Show every line of the data where the word "whose" can be found.

── Data supplied ──

// Ears over the tree of fewest hops: paths between elements of earlier ears.

use crate::tree::Tree;
use std::alloc::Global;
use sync_text::NoMemory;
use sync_topo::{InputId, Plan};

/// An edge that isn't of the tree: a bundle between two elements, or a source between its element
/// and the root.
#[derive(Clone, Copy, Drop)]
struct Edge {
    bundle: Option<u32>,
    one: u32,
    other: u32,
    /// The lowest node above both.
    ancestor: u32,
}

impl Edge {
    /// An edge of these ends.
    fn between(tree: &Tree, bundle: Option<u32>, one: u32, other: u32) -> Edge {
        Edge {
            bundle,
            one,
            other,
            ancestor: tree.meeting(one, other),
        }
    }

    /// The child of the edge's ancestor on the way up from one of its ends, if that isn't the
    /// ancestor itself.
    fn branch(self, tree: &Tree, end: u32) -> Option<u32> {
        if end == self.ancestor {
            return None;
        }
        let depth = tree.node(self.ancestor).depth.saturating_add(1);
        Some(tree.lifted(end, depth))
    }
}

/// The ears that are laid so far.
///
/// An ear is an edge that isn't of the tree, with the edges of the tree below the ancestor of its
/// ends that no earlier one covers. Edges come by the depths of their ancestors, and among those of
/// one ancestor one of which a branch below it is covered comes before any other. So an ear ends in
/// two elements of earlier ears, of which one survives each failure.
///
/// Ears after Whitney; the order after Maon, Schieber and Vishkin, and Ramachandran.
#[derive(Drop)]
pub(crate) struct Ears {
    /// For each element the bundle of its other neighbour on its ear, which isn't the one in the
    /// tree.
    pub(crate) seconds: Vec<Option<u32>>,
    /// Whether the edge of the tree above an element is covered.
    covered: Vec<bool>,
    edges: Vec<Edge>,
    /// Whether an edge is laid.
    laid: Vec<bool>,
    /// For each element the edges of which it is a branch.
    joined: Vec<Vec<u32>>,
    /// Whether an element has come up as a branch.
    entered: Vec<bool>,
    /// Branches whose edges are still to be laid.
    waiting: Vec<u32>,
}

impl Ears {
    /// All ears. The work grows with the elements, the links and the sources, and with the depth of
    /// the tree as its logarithm.
    pub(crate) fn of(alloc: Global, plan: &Plan, tree: &Tree) -> Result<Ears, NoMemory> {
        let mut ears = Ears::none(alloc, plan)?;
        ears.add_sources(plan, tree)?;
        ears.add_links(plan, tree)?;
        for place in 0..tree.order.len() {
            if let Some(ancestor) = tree.order.get(place).copied() {
                ears.lay_below(tree, ancestor)?;
            }
        }
        Ok(ears)
    }

    /// No edge.
    fn none(alloc: Global, plan: &Plan) -> Result<Ears, NoMemory> {
        let count = plan.elements() as usize;
        let Ok(seconds) = vec![in alloc; None; count] else {
            return Err(NoMemory);
        };
        Ok(Ears {
            seconds,
            covered: all_false(alloc, count)?,
            edges: Vec::new(alloc),
            laid: Vec::new(alloc),
            joined: no_edges(alloc, count)?,
            entered: all_false(alloc, count)?,
            waiting: Vec::new(alloc),
        })
    }

    /// Adds each nominated source but the first of its element.
    fn add_sources(&mut self, plan: &Plan, tree: &Tree) -> Result<(), NoMemory> {
        for element in 0..plan.elements() {
            self.add_sources_at(tree, plan.inputs(element), element)?;
        }
        Ok(())
    }

    /// Adds each source of these inputs but the first.
    fn add_sources_at(
        &mut self,
        tree: &Tree,
        inputs: &[InputId],
        element: u32,
    ) -> Result<(), NoMemory> {
        let mut first = true;
        for input in inputs {
            if let InputId::Source(_) = *input {
                if !first {
                    self.add(tree, Edge::between(tree, None, element, tree.root))?;
                }
                first = false;
            }
        }
        Ok(())
    }

    /// Adds each bundle between elements of the tree that isn't of the tree itself.
    fn add_links(&mut self, plan: &Plan, tree: &Tree) -> Result<(), NoMemory> {
        for link in 0..plan.links() {
            if plan.bundle(link) == link {
                let ends = plan.link(link);
                self.add_bundle(tree, link, ends.a, ends.b)?;
            }
        }
        Ok(())
    }

    /// Adds a bundle between two elements, if it is to be added.
    fn add_bundle(&mut self, tree: &Tree, bundle: u32, a: u32, b: u32) -> Result<(), NoMemory> {
        let of_tree = tree.node(a).bundle == Some(bundle) || tree.node(b).bundle == Some(bundle);
        if of_tree || !tree.has(a) {
            return Ok(());
        }
        self.add(tree, Edge::between(tree, Some(bundle), a, b))
    }

    /// Adds an edge, with its branches.
    fn add(&mut self, tree: &Tree, edge: Edge) -> Result<(), NoMemory> {
        let number = u32::try_from(self.edges.len()).unwrap_or(u32::MAX);
        self.join(edge.branch(tree, edge.one), number)?;
        self.join(edge.branch(tree, edge.other), number)?;
        let Ok(()) = self.edges.push(edge) else {
            return Err(NoMemory);
        };
        let Ok(()) = self.laid.push(false) else {
            return Err(NoMemory);
        };
        Ok(())
    }

    /// Notes an edge at a branch.
    fn join(&mut self, branch: Option<u32>, edge: u32) -> Result<(), NoMemory> {
        let Some(branch) = branch else {
            return Ok(());
        };
        let Some(edges) = self.joined.get_mut(branch as usize) else {
            return Ok(());
        };
        match edges.push(edge) {
            Ok(()) => Ok(()),
            Err(_) => Err(NoMemory),
        }
    }

    /// Lays the ears of all edges of this ancestor, from covered branches first.
    fn lay_below(&mut self, tree: &Tree, ancestor: u32) -> Result<(), NoMemory> {
        for child in tree.children(ancestor) {
            if is_set(self.covered.as_slice(), *child) {
                self.lay_from(tree, *child)?;
            }
        }
        for child in tree.children(ancestor) {
            self.lay_from(tree, *child)?;
        }
        Ok(())
    }

    /// Lays the ears that a branch is joined with by edges of its ancestor.
    fn lay_from(&mut self, tree: &Tree, branch: u32) -> Result<(), NoMemory> {
        self.enter(branch)?;
        for _turn in 0..tree.order.len() {
            let Some(branch) = self.waiting.pop() else {
                return Ok(());
            };
            self.lay_at(tree, branch)?;
        }
        Ok(())
    }

    /// Lays the edges of a branch that aren't laid yet.
    fn lay_at(&mut self, tree: &Tree, branch: u32) -> Result<(), NoMemory> {
        for place in 0..self.edges.len() {
            let Some(number) = self.edge_at(branch, place) else {
                return Ok(());
            };
            self.lay(tree, number)?;
        }
        Ok(())
    }

    /// The number of the edge at a place of a branch's.
    fn edge_at(&self, branch: u32, place: usize) -> Option<u32> {
        let edges = self.joined.get(branch as usize)?;
        edges.get(place).copied()
    }

    /// Lays the ear of an edge, if it isn't laid yet.
    fn lay(&mut self, tree: &Tree, number: u32) -> Result<(), NoMemory> {
        if is_set(self.laid.as_slice(), number) {
            return Ok(());
        }
        set(self.laid.as_mut_slice(), number);
        let Some(edge) = self.edges.get(number as usize).copied() else {
            return Ok(());
        };
        self.cover(tree, edge, edge.one);
        self.cover(tree, edge, edge.other);
        self.enter_branch(edge.branch(tree, edge.one))?;
        self.enter_branch(edge.branch(tree, edge.other))
    }

    /// Covers the edges of the tree from an end of an edge up to its ancestor, or to one that is
    /// covered: each element on the way has its other neighbour behind it.
    fn cover(&mut self, tree: &Tree, edge: Edge, end: u32) {
        let mut at = end;
        let mut behind = edge.bundle;
        for _step in 0..tree.order.len() {
            if at == edge.ancestor || is_set(self.covered.as_slice(), at) {
                return;
            }
            set(self.covered.as_mut_slice(), at);
            if let Some(second) = self.seconds.get_mut(at as usize) {
                *second = behind;
            }
            let node = tree.node(at);
            behind = node.bundle;
            at = node.parent;
        }
    }

    /// A branch waits for its edges to be laid, if there is one.
    fn enter_branch(&mut self, branch: Option<u32>) -> Result<(), NoMemory> {
        match branch {
            Some(branch) => self.enter(branch),
            None => Ok(()),
        }
    }

    /// A branch waits for its edges to be laid, unless it has come up before.
    fn enter(&mut self, branch: u32) -> Result<(), NoMemory> {
        if is_set(self.entered.as_slice(), branch) {
            return Ok(());
        }
        set(self.entered.as_mut_slice(), branch);
        match self.waiting.push(branch) {
            Ok(()) => Ok(()),
            Err(_) => Err(NoMemory),
        }
    }
}

/// So many marks, none of which is set.
fn all_false(alloc: Global, count: usize) -> Result<Vec<bool>, NoMemory> {
    match vec![in alloc; false; count] {
        Ok(marks) => Ok(marks),
        Err(_) => Err(NoMemory),
    }
}

/// No edges for any of so many elements.
fn no_edges(alloc: Global, count: usize) -> Result<Vec<Vec<u32>>, NoMemory> {
    let mut joined = Vec::new(alloc);
    for _element in 0..count {
        let Ok(()) = joined.push(Vec::new(alloc)) else {
            return Err(NoMemory);
        };
    }
    Ok(joined)
}

/// The mark of a number is set.
fn is_set(marks: &[bool], number: u32) -> bool {
    match marks.get(number as usize) {
        Some(mark) => *mark,
        None => false,
    }
}

/// Sets the mark of a number, if there is one.
fn set(marks: &mut [bool], number: u32) {
    if let Some(mark) = marks.get_mut(number as usize) {
        *mark = true;
    }
}
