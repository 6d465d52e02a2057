// Whole set-up, key and IV to tables, and its undoing, tables to key and IV or none.
#![tactic(auto)]

ghost use Rattle.std.specs.Prelude.{◌≡◌, length};
ghost use Rattle.cipher.specs.Numbers.{area_length, key_length, iv_length};
ghost use Rattle.setup.specs.SetUp as SetUp;
ghost use Rattle.setup.specs.LedBack.{LedBack};

use cipher::Cipher;

// The area of a key and an IV.
#[tactic(auto, unfolding(crate::specs::SetUp::set_up))]
pub fn set_up(cipher: Cipher, key: &[u8], iv: &[u8], area: &mut [u32])
    requires { (length key.now ≡ key_length cipher) × (length iv.now ≡ iv_length cipher) × (length area.old ≡ area_length cipher) }
    ensures { area.new ≡ SetUp.set_up cipher key.now iv.now }
{
    let w = keys::sixteen_words(cipher, key, iv);
    schedule::fill(cipher, w, area);
    last_pass::last_pass(cipher, area);
}

// The last pass undone in the area, and the sixteen words that what it leaves leads back to: `Ok` where they fill it, else `Err`.
pub fn undo_set_up(cipher: Cipher, area: &mut [u32]) -> Result<[u32; 16], [u32; 16]>
    requires { length area.old ≡ area_length cipher }
    ensures { LedBack cipher area.old area.new result }
{
    last_pass::undo_last_pass(cipher, area);
    schedule::origin(cipher, area)
}
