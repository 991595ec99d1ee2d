//! What the calls of a store answer, and the words in which a page is asked for.

#![tactic(auto)]

use steps::Counts;

// What a page of a stripe is to its record; members by number.
#[derive(Clone, Copy)]
pub enum Role {
    Current(usize),
    Old(usize),
    Parity,
}

// How the bytes of a page were got; document 02, 2: "one of four things", in its order.
#[derive(Clone, Copy)]
pub enum Origin {
    // never written: there is no page
    Unwritten,
    // off its chip
    Direct,
    // rebuilt through the partial parity
    Partial,
    // rebuilt through the full parity
    Full,
}

// The rows of document 01's table, "Where a call is turned back", named by its first column.
#[derive(Clone, Copy)]
pub enum Refusal {
    Geometry,
    Buffers,
    LostChip,
    Records,
    Spares,
    Collection,
    Request,
    Data,
    ChipSet,
    Work,
    // document 02, 1: a ticket breaks its rules
    Tickets,
    // document 02, 1: the log fills every page
    FullLog,
}

// What the checks of a call come to.
pub type Check = Result<(), Refusal>;

// The answer of a call that stores and is not refused.
#[derive(Clone, Copy)]
pub enum Answer {
    Done(Counts),
    Cut(Counts),
}

// The answer of a read, which stores nothing and so is never cut: its counts, and how its page was got.
#[derive(Clone, Copy)]
pub struct Reading {
    pub counts: Counts,
    pub origin: Origin,
}

// A ticket: 16 bytes, as document 02, 1 has them.
#[derive(Clone, Copy)]
pub struct Ticket {
    // 0 empty, 1 weight, 2 withdrawal; no enum, for it may be any byte, which `ticket_sound` judges
    pub kind: u8,
    // a zero byte
    pub blank: u8,
    pub bag: u16,
    pub lot: u32,
    // in grams
    pub gross: u32,
    pub tare: u32,
}

// A weight, in grams.
#[derive(Clone, Copy)]
pub struct Weight {
    pub gross: u32,
    pub tare: u32,
}

// The answer of a question for a lot and bag, which stores nothing: the weight that stands, if one does.
#[derive(Clone, Copy)]
pub struct Finding {
    pub counts: Counts,
    pub standing: Option<Weight>,
    pub origin: Origin,
}
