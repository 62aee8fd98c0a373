//! The method with which a thread begins.
ghost use Rattle.std.specs.Prelude.{◌≡◌, ◌<◌, ◌^◌, length, position, All};
ghost use Rattle.jc_programs.specs.Entries.{is_entry, entry_of};
ghost use Rattle.jc_programs.specs.Members.{class_named};

use crate::arguments::takes;
use crate::{Entry, Program, ThreadLine};
use jc_methods::{Body, INIT_NAME, is_static};

/// The number of the class with a name.
fn class_named(program: &Program, name: &[u8]) -> Option<usize>
    ensures { result ≡ class_named program.now name.now }
{
    program
        .classes
        .iter()
        .position(|class| class.name.as_slice() == name)
}

/// Whether a thread may begin with a method: a static one with the thread's name for it, other than
/// `$jacocoInit`, that takes the thread's arguments.
fn is_entry(thread: &ThreadLine, body: &Body) -> bool
    ensures { result ≡ is_entry thread.now body.now }
{
    is_static(body.flags)
        && (body.name.as_slice() == thread.method.as_slice()
            && (body.name.as_slice() != INIT_NAME
                && takes(body.desc.as_slice(), thread.args.as_slice())))
}

/// The number of the first method with which a thread may begin.
fn method_in(thread: &ThreadLine, bodies: &[Body]) -> Option<usize>
    ensures { result ≡ position (is_entry thread.now) bodies.now }
{
    bodies.iter().position(|body| is_entry(thread, body))
}

/// The method with which a thread begins: the first static method with code of the class and the name,
/// other than `$jacocoInit`, whose parameters are all of integral types, as many as the arguments, each
/// argument a value of its parameter's type.
///
/// No memory is taken.
pub fn entry(program: &Program, thread: &ThreadLine) -> Option<Entry>
    // A class's number and a method's number are numbers of four bytes.
    requires classes { length program.now.classes < 2 ^ 32 }
    requires methods { All (λ class. length class.bodies < 2 ^ 32) program.now.classes }
    ensures { result ≡ entry_of program.now thread.now }
{
    let class = class_named(program, thread.class.as_slice())?;
    let linked = &program.classes.as_slice()[class];
    let method = method_in(thread, linked.bodies.as_slice())?;
    Some(Entry {
        class: class as u32,
        method: method as u32,
    })
}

───

:: Worked solution ::
    /// Branches whose edges are still to be laid.
/// other than `$jacocoInit`, whose parameters are all of integral types, as many as the arguments, each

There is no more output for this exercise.